• _PROMPT_:
Would you return every line of the listing below that has "KindFault" in it?

• _PROVIDED ENTRIES_:
::::
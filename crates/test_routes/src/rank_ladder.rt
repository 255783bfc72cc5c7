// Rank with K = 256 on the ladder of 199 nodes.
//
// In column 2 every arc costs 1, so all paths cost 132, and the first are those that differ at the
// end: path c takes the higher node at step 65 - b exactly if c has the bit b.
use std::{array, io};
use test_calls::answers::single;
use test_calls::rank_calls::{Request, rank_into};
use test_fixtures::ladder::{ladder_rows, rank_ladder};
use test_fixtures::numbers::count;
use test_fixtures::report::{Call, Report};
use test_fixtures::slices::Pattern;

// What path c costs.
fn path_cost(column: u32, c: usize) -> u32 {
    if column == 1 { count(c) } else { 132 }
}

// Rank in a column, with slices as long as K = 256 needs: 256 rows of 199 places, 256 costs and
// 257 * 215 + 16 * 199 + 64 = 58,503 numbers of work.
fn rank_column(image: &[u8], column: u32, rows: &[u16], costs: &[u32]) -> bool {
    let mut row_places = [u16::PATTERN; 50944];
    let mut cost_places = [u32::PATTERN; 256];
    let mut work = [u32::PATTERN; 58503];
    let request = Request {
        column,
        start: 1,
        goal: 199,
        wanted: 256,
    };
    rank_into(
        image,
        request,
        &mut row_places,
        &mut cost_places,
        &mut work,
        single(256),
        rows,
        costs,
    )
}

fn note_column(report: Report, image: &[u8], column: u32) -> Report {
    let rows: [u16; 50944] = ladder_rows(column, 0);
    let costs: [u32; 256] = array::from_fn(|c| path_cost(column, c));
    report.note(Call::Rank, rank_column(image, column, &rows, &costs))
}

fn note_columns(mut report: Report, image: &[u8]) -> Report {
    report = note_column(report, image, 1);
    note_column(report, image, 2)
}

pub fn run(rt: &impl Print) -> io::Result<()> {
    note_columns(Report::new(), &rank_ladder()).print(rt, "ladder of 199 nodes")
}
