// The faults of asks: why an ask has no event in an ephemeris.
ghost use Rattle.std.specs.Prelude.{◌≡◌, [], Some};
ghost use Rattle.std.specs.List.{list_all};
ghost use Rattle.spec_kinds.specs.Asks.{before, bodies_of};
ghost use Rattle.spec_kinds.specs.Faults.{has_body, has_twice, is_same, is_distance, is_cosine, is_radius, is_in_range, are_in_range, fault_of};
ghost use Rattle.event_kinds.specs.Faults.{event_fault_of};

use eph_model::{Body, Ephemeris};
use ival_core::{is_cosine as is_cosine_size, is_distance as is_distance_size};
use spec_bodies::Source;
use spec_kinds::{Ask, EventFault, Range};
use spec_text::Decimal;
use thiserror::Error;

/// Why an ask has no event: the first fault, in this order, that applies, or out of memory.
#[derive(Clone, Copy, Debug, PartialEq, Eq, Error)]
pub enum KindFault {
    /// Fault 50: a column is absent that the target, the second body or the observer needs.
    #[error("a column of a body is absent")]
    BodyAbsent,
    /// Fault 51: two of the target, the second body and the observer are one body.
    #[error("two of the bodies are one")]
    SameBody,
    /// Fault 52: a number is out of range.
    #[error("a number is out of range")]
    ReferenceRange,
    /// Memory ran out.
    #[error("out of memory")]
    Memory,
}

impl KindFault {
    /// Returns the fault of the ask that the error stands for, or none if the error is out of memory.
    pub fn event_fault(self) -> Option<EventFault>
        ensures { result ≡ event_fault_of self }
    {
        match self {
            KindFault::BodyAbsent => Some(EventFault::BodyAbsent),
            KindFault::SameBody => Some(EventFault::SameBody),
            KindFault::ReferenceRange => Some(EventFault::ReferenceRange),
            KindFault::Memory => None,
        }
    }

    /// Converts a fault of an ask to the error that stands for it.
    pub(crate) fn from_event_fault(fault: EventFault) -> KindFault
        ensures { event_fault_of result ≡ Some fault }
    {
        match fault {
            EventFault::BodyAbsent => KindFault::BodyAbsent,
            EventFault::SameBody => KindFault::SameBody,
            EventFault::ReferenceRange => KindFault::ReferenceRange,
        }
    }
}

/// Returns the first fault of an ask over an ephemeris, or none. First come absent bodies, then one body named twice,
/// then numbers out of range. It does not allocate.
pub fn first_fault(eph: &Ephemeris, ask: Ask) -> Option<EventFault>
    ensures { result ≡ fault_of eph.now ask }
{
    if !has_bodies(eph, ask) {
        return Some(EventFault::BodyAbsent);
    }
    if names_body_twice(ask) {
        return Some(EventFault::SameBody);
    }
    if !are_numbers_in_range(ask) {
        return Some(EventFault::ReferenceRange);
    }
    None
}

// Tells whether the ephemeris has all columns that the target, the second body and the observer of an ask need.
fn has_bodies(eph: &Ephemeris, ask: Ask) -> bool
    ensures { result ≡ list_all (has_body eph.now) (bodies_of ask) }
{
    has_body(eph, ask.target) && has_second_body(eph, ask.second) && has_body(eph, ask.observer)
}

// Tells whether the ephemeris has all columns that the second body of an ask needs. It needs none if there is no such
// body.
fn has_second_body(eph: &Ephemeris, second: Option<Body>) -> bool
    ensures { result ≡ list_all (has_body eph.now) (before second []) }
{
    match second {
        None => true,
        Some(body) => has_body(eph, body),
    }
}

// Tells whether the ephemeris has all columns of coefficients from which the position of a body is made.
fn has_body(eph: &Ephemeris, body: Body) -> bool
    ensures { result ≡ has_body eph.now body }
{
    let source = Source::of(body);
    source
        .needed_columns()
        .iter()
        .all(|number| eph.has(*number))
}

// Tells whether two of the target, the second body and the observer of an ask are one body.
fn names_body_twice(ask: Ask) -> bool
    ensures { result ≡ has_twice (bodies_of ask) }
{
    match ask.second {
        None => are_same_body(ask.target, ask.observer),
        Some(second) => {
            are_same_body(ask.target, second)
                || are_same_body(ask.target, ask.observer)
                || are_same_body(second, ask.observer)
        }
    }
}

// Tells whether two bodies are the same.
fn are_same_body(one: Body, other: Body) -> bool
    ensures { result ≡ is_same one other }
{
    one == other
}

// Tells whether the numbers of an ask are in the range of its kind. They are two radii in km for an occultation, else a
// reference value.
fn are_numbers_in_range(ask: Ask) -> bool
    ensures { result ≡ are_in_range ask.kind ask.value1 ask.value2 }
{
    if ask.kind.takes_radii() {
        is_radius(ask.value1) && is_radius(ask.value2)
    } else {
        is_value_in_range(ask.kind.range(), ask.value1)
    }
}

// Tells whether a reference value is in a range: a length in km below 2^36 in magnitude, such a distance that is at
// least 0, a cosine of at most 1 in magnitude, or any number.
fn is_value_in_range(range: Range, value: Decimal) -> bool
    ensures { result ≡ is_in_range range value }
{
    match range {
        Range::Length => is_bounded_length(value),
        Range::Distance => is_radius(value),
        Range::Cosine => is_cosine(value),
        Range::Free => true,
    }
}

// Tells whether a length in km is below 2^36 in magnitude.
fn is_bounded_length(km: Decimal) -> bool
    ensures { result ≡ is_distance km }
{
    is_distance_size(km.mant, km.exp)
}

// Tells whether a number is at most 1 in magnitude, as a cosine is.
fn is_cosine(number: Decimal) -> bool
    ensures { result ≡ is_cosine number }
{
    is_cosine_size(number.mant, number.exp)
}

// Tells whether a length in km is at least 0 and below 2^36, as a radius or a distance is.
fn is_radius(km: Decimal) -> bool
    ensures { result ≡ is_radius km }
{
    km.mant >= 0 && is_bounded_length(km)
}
::::
• _THE ANSWER_:
pub enum KindFault {
impl KindFault {
            KindFault::BodyAbsent => Some(EventFault::BodyAbsent),
            KindFault::SameBody => Some(EventFault::SameBody),
            KindFault::ReferenceRange => Some(EventFault::ReferenceRange),
            KindFault::Memory => None,
    pub(crate) fn from_event_fault(fault: EventFault) -> KindFault
            EventFault::BodyAbsent => KindFault::BodyAbsent,
            EventFault::SameBody => KindFault::SameBody,
            EventFault::ReferenceRange => KindFault::ReferenceRange,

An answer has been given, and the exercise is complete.